I have Sony A/V 7.1 receiver. Since last week when I increase the volume on receiver, it shut down and PROTECTOR shows written on the LCD panel. Please someone from forum let me know about solution to this problem.
Thanks...


----------



## lcaillo (May 2, 2006)

Increase how far? Have you moved anything or changed anything in the system? Model number?


----------



## Mike Edwards (Mar 10, 2011)

Vrund said:


> I have Sony A/V 7.1 receiver. Since last week when I increase the volume on receiver, it shut down and PROTECTOR shows written on the LCD panel.

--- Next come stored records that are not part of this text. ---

// A level of three parts of 1,000, 500 and 0 bytes grows to 2,600: what stood behind its end is gone before it grows over it.
use crate::tests::vaults::{Long, lens, one_level, three_files};
use disk_memory::MemVault;
use disk_model::{Failed, Vault};
use parity_split::SplitVault;
use std::alloc::Global;
use std::test::Fail;

static FILES: [&[u8]; 3] = [&[7; 1000], &[8; 500], b""];

fn grow<V: Vault>(level: &mut V) -> Result<(), Failed> {
    if level.levels() == 0 {
        return Err(Failed);
    }
    level.parity_set_len(0, 2600)
}

fn len<V: Vault>(level: &mut V) -> Result<u64, Failed> {
    if level.levels() == 0 {
        return Err(Failed);
    }
    level.parity_len(0)
}

// Whether the level is the first part and zeros.
fn is_extended<V: Vault>(level: &mut V) -> Result<bool, Failed> {
    if level.levels() == 0 {
        return Err(Failed);
    }
    let mut out = [9; 2601];
    let got = level.parity_read(0, 0, &mut out)?;
    let (front, rest) = out.split_at(1000);
    let (zeros, past) = rest.split_at(1600);
    let is_kept = front.iter().all(|byte| *byte == 7);
    let is_zero = zeros.iter().all(|byte| *byte == 0);
    Ok(got == 2600 && is_kept && is_zero && past == [9].as_slice())
}

fn grown(alloc: Global) -> Result<SplitVault<MemVault, Long>, Fail> {
    let base = three_files(alloc, FILES)?;
    let mut level = one_level::<Long>(alloc, base, 2048)?;
    if len(&mut level)? != 1000 {
        return Err(Fail::new(format_args!("not 1,000 bytes before it grows")));
    }
    grow(&mut level)?;
    Ok(level)
}

#[test]
fn a_level_grows_over_hidden_bytes(rt: HostRuntime) -> Result<(), Fail> {
    let mut level = grown(rt.alloc())?;
    assert_eq!(rt; len(&mut level)?, 2600);
    assert!(rt; is_extended(&mut level)?);
    let mut base = level.into_base();
    assert_eq!(rt; lens(&mut base)?, [2048, 552, 0]);
    Ok(())
}

// The shortest parts and the longest that a stop after so many calls of the base leaves. The next call may do a part of its work.
fn stopped(alloc: Global, calls: u64) -> Result<([u64; 3], [u64; 3]), Fail> {
    let mut base = three_files(alloc, FILES)?;
    base.stop_after(calls);
    let mut level = one_level::<Long>(alloc, base, 2048)?;
    if grow(&mut level).is_ok() != (calls >= 9) {
        return Err(Fail::new(format_args!("not nine calls")));
    }
    let base = level.into_base();
    let mut choice = [0; 8192];
    let (moment, rest) = choice.split_at_mut(8);
    moment.fill(0xff);
    let mut shortest = base.image(&choice)?;
    choice.fill(0xff);
    let mut longest = base.image(&choice)?;
    Ok((lens(&mut shortest)?, lens(&mut longest)?))
}

#[test]
fn the_second_part_is_cut_and_synced_first(rt: HostRuntime) -> Result<(), Fail> {
    static LEFT: [(u64, [u64; 3], [u64; 3]); 9] = [
        (0, [1000, 500, 0], [1000, 500, 0]),
        (1, [1000, 500, 0], [1000, 500, 0]),
        (2, [1000, 0, 0], [1000, 500, 0]),
        (4, [1000, 0, 0], [1000, 500, 0]),
        (5, [1000, 0, 0], [1000, 0, 0]),
        (6, [1000, 0, 0], [2048, 0, 0]),
        (7, [1000, 0, 0], [2048, 0, 0]),
        (8, [2048, 0, 0], [2048, 552, 0]),
        (9, [2048, 0, 0], [2048, 552, 0]),
    ];
    for (calls, shortest, longest) in &LEFT {
        let left = stopped(rt.alloc(), *calls)?;
        assert_eq!(rt; left, (*shortest, *longest), "after {calls}");
    }
    Ok(())
}
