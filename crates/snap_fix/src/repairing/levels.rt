// The wrong levels of a stripe of the window, written anew.
ghost use Rattle.std.specs.Prelude.{◌≡◌, ◌<◌, ◌≤◌, [], ◌∷◌, length, IfOk, IfErr};
ghost use Rattle.parity_writer.specs.WindowRow.{row_at};
ghost use Rattle.repair_scope.specs.Plan.{seen};
ghost use Rattle.snap_fix.specs.Handed.{CanExamineOne, CanMendRow, FlagsOne, MendsNotRow, MendsRow, TellsWrongOne};
ghost use Rattle.snap_fix.specs.Repairing.{levels_outside};
ghost use Rattle.snap_fix.specs.RepairSteps.{WritesLevel, WritesNotLevel};

use crate::plan::Examined;
use disk_model::{Failed, Sink, Vault};
use file_table::Table;
use parity_writer::sum_row;
use repair_scope::Plan;
use snap_report::events::Event;
use snap_report::{Lines, Report, tell};

// Writes a level of the row of a stripe of the window, and tells it.
fn write_level<V: Vault, W: Sink>(
    table: &Table,
    one: &Examined<'_>,
    r: u32,
    block: &mut [u8],
    vault: &mut V,
    lines: &mut Lines<'_, W>,
    reports: &mut Vec<Box<dyn Report>>,
) -> Result<(), Failed>
    requires slot { one.now.slot < one.now.window.now.count }
    requires columns { length one.now.window.now.lanes ≤ 251 }
    requires level { (r < 6) × (r < (V.view vault.old).levels) }
    requires block { length block.old ≡ one.now.window.now.block_size }
    requires size { length block.old ≤ 4194304 }
    ensures written { IfOk result (λ _. WritesLevel W.view standing stands table.now.columns
        one.now.window.now.block_size one.now.stripe r (row_at one.now.window.now one.now.slot)
        (levels_outside (V.view vault.old) lines.old reports.old.items)
        (levels_outside (V.view vault.new) lines.new reports.new.items)) }
    ensures failed { IfErr result (λ _. WritesNotLevel W.view standing stands table.now.columns
        one.now.window.now.block_size one.now.stripe r (row_at one.now.window.now one.now.slot)
        (levels_outside (V.view vault.old) lines.old reports.old.items)
        (levels_outside (V.view vault.new) lines.new reports.new.items)) }
{
    let at = u64::from(one.stripe) * block.len() as u64;
    sum_row(one.window, one.slot, r, block);
    vault.parity_write(r, at, block)?;
    let stripe = one.stripe;
    tell(
        reports,
        lines,
        table,
        &Event::FixedParity { stripe, level: r },
    );
    Ok(())
}

/// Writes the selected levels of a stripe anew that are short or not the sum of its row, where that is known, in order, sets
/// their flags, and answers how many.
pub(crate) fn mend_levels<V: Vault, W: Sink>(
    plan: &Plan<'_>,
    one: &Examined<'_>,
    block: &mut [u8],
    written: &mut [bool],
    vault: &mut V,
    lines: &mut Lines<'_, W>,
    reports: &mut Vec<Box<dyn Report>>,
) -> Result<u32, Failed>
    requires can { CanExamineOne (seen plan.now) one.now }
    requires mend { CanMendRow (seen plan.now) one.now block.old (V.view vault.old) }
    requires wrong { TellsWrongOne (seen plan.now) one.now }
    requires written { length written.old ≡ plan.now.table.now.shape.levels }
    ensures mended { IfOk result (MendsRow W.view standing stands (seen plan.now) one.now
        (levels_outside (V.view vault.old) lines.old reports.old.items)
        (levels_outside (V.view vault.new) lines.new reports.new.items)) }
    ensures written { IfOk result (λ _. FlagsOne (seen plan.now) one.now written.old written.new) }
    ensures failed { IfErr result (λ _. MendsNotRow W.view standing stands (seen plan.now) one.now
        (levels_outside (V.view vault.old) lines.old reports.old.items)
        (levels_outside (V.view vault.new) lines.new reports.new.items)) }
{
    let mut count = 0;
    for r in 0..plan.table.shape().levels {
        if !one.own.wrong[r as usize] {
            continue;
        }
        write_level(plan.table, one, r, block, vault, lines, reports)?;
        written[r as usize] = true;
        count += 1;
    }
    Ok(count)
}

Please someone from forum let me know about solution to this problem.
> Thanks...


you're overdriving the speakers.. that's a thermal shutdown in order to not overheat and protect the receiver. most likely your speakers are power hungry and you'd do better with a more powerful receiver/amp or higher sensitivity speakers


----------



## tonyvdb (Sep 5, 2007)

I would carefully look at all the speaker connections at the receiver and the speaker and make sure none of the strands of copper wire are touching the frame or crossing over and contacting the opposite post.


----------



## MrAngles (May 1, 2012)

tonyvdb said:


> I would carefully look at all the speaker connections at the receiver and the speaker and make sure none of the strands of copper wire are touching the frame or crossing over and contacting the opposite post.


This. A short in the speaker connections is the most common reason I've seen this type of message.


----------